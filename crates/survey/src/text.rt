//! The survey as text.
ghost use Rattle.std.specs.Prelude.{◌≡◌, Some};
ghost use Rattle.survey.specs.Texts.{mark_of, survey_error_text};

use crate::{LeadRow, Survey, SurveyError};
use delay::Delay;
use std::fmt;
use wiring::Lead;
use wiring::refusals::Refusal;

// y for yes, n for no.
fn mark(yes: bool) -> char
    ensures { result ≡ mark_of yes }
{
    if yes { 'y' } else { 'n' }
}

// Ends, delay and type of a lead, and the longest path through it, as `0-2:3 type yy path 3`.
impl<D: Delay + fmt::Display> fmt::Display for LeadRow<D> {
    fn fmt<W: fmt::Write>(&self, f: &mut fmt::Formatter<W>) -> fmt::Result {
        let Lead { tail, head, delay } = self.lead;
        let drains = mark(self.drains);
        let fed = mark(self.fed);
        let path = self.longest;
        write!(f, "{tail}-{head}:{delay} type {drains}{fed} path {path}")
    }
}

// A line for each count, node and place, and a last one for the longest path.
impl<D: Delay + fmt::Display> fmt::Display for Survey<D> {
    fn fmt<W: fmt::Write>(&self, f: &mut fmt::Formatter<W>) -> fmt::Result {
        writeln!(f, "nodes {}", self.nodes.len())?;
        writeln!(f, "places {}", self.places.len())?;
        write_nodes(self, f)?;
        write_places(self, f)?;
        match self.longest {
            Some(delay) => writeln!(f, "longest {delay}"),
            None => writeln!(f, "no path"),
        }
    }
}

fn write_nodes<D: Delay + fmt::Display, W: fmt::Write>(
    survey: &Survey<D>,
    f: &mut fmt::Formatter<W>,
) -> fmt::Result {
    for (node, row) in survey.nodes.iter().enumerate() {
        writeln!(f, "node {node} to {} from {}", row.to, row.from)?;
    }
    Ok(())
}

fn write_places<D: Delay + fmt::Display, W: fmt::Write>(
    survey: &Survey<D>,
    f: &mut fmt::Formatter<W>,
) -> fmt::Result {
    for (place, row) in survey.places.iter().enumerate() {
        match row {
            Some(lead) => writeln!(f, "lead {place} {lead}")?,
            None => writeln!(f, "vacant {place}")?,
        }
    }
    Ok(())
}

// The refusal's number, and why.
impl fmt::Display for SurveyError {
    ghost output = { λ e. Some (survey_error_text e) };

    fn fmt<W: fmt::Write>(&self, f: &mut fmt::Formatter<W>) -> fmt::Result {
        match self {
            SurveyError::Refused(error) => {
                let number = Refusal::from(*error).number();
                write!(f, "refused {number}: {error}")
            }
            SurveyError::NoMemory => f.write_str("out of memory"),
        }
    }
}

========

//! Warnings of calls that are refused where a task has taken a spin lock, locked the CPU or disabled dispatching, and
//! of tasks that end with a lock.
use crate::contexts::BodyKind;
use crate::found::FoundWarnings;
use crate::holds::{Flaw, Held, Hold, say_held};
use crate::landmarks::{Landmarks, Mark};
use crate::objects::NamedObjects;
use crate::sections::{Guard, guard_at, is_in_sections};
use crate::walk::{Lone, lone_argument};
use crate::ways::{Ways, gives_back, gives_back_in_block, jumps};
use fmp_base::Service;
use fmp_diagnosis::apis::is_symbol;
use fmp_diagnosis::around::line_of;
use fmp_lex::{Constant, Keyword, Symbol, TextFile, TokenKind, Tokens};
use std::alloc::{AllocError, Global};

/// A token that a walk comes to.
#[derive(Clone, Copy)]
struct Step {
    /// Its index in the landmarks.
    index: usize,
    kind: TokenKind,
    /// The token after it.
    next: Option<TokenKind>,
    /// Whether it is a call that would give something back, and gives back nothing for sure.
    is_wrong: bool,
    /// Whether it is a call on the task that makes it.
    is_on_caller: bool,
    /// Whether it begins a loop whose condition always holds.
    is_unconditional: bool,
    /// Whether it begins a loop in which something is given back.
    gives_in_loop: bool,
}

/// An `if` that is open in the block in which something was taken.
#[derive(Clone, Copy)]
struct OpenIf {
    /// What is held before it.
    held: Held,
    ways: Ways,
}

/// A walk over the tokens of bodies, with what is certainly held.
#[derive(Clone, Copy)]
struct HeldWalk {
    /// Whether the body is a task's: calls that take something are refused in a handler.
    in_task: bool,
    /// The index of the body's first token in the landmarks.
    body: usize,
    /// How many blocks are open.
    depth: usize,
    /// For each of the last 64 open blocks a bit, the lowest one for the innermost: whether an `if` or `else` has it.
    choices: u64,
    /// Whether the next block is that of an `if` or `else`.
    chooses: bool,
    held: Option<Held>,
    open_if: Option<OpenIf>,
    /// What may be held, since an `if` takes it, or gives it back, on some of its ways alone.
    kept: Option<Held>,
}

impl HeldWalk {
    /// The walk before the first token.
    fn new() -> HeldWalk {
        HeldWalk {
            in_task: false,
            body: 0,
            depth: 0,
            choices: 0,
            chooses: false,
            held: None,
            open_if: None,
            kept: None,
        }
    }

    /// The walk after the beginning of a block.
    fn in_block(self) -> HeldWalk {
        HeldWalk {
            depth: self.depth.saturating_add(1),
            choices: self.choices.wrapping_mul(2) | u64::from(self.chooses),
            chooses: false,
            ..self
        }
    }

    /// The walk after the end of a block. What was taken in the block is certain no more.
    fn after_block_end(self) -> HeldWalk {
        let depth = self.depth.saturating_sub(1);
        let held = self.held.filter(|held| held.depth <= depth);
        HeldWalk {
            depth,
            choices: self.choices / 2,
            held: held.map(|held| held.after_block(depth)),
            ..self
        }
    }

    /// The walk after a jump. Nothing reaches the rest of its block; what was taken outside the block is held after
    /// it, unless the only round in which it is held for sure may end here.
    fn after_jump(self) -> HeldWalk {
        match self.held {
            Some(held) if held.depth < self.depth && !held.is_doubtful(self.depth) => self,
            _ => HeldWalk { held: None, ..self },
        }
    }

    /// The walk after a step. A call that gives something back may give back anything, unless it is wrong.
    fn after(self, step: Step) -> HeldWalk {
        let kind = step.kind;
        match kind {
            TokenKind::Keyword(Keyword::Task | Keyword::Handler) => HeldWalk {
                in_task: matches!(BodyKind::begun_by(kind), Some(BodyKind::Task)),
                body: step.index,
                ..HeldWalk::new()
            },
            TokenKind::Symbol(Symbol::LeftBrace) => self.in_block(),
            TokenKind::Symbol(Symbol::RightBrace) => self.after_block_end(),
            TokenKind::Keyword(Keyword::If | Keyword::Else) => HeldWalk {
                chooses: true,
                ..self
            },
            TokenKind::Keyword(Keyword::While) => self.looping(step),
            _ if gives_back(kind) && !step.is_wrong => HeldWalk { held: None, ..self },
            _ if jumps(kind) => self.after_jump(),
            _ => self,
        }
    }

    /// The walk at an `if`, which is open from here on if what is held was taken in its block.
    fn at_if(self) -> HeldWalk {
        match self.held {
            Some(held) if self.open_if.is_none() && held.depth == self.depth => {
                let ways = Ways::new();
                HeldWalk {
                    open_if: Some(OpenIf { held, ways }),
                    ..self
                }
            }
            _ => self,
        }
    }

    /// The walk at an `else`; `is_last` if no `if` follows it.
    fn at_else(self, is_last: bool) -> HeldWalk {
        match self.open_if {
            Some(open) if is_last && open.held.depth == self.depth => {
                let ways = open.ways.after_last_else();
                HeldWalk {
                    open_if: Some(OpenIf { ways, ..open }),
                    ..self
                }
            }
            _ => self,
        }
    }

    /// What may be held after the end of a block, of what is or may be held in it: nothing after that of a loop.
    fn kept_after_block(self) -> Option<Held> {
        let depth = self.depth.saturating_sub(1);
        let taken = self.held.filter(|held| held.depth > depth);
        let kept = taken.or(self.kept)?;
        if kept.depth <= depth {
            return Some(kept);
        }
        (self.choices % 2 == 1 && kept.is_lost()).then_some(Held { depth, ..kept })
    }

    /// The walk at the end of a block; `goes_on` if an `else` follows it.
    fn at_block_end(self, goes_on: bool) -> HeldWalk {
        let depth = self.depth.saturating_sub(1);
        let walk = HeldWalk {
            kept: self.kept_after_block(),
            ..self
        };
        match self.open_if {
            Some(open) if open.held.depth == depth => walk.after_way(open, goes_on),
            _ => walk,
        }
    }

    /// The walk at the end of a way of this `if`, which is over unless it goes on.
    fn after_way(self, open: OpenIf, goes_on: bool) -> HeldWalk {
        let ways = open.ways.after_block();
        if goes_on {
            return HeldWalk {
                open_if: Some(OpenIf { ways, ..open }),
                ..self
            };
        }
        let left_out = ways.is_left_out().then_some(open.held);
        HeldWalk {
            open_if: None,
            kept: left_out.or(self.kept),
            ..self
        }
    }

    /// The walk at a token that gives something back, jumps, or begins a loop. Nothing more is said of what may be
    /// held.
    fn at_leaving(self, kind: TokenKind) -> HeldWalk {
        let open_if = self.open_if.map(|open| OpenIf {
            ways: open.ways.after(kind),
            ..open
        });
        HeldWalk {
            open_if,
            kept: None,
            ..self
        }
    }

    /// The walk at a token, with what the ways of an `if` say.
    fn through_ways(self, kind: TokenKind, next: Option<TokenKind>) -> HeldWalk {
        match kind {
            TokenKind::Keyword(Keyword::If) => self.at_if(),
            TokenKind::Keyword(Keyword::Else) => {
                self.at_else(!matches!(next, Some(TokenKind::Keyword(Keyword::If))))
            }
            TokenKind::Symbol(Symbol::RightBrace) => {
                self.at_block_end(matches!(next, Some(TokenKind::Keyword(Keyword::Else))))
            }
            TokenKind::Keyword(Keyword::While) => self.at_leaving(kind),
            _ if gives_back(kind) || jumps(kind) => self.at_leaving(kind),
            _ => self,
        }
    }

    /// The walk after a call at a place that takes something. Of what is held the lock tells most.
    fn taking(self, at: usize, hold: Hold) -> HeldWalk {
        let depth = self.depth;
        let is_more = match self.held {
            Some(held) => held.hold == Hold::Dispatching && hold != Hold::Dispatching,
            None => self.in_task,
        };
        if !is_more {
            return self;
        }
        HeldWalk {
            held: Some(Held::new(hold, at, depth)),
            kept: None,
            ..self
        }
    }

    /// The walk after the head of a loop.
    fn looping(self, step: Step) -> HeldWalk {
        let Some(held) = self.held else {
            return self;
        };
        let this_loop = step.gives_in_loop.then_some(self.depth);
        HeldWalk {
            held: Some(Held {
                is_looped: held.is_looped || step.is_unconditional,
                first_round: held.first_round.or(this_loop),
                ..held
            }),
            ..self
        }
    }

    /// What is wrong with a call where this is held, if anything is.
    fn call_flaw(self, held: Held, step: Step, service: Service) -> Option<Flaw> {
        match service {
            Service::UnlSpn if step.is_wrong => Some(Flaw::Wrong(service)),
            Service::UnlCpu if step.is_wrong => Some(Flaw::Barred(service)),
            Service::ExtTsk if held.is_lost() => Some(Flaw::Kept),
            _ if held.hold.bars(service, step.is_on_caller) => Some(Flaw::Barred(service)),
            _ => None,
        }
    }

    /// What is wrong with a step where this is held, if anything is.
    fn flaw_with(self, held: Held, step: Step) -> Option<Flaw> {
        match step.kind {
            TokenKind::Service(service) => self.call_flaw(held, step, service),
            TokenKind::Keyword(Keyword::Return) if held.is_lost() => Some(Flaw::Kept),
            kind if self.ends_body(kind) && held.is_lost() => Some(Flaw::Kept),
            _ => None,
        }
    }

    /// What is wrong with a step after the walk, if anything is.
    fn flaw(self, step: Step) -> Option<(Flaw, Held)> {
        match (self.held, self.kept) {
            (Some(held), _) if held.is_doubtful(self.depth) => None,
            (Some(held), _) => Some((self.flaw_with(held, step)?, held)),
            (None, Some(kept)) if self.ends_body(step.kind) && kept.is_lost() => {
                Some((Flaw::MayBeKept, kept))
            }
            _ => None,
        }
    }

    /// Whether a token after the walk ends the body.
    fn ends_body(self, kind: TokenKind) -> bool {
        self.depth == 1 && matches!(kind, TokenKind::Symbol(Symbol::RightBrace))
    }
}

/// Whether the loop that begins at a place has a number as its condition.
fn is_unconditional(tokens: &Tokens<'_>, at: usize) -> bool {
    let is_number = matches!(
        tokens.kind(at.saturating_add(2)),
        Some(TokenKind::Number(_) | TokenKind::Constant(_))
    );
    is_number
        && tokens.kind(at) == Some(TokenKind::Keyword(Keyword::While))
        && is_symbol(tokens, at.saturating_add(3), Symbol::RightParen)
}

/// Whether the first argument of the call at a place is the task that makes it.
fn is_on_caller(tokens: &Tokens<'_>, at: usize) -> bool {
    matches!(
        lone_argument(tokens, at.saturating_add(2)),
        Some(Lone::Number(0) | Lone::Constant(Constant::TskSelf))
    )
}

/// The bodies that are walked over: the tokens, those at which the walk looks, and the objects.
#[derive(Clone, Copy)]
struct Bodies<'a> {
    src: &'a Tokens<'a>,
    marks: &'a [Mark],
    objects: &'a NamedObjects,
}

========

| WORK REQUEST |
Print exactly the lines of the listing above starting at the line containing "filename crates/survey/src/text.rt" and ending at the line containing "impl<D: Delay + fmt::Display> fmt::Display for LeadRow<D>", both included.

| TASK SOLUTION |
filename crates/survey/src/text.rt
//! The survey as text.
ghost use Rattle.std.specs.Prelude.{◌≡◌, Some};
ghost use Rattle.survey.specs.Texts.{mark_of, survey_error_text};

use crate::{LeadRow, Survey, SurveyError};
use delay::Delay;
use std::fmt;
use wiring::Lead;
use wiring::refusals::Refusal;

// y for yes, n for no.
fn mark(yes: bool) -> char
    ensures { result ≡ mark_of yes }
{
    if yes { 'y' } else { 'n' }
}

// Ends, delay and type of a lead, and the longest path through it, as `0-2:3 type yy path 3`.
impl<D: Delay + fmt::Display> fmt::Display for LeadRow<D> {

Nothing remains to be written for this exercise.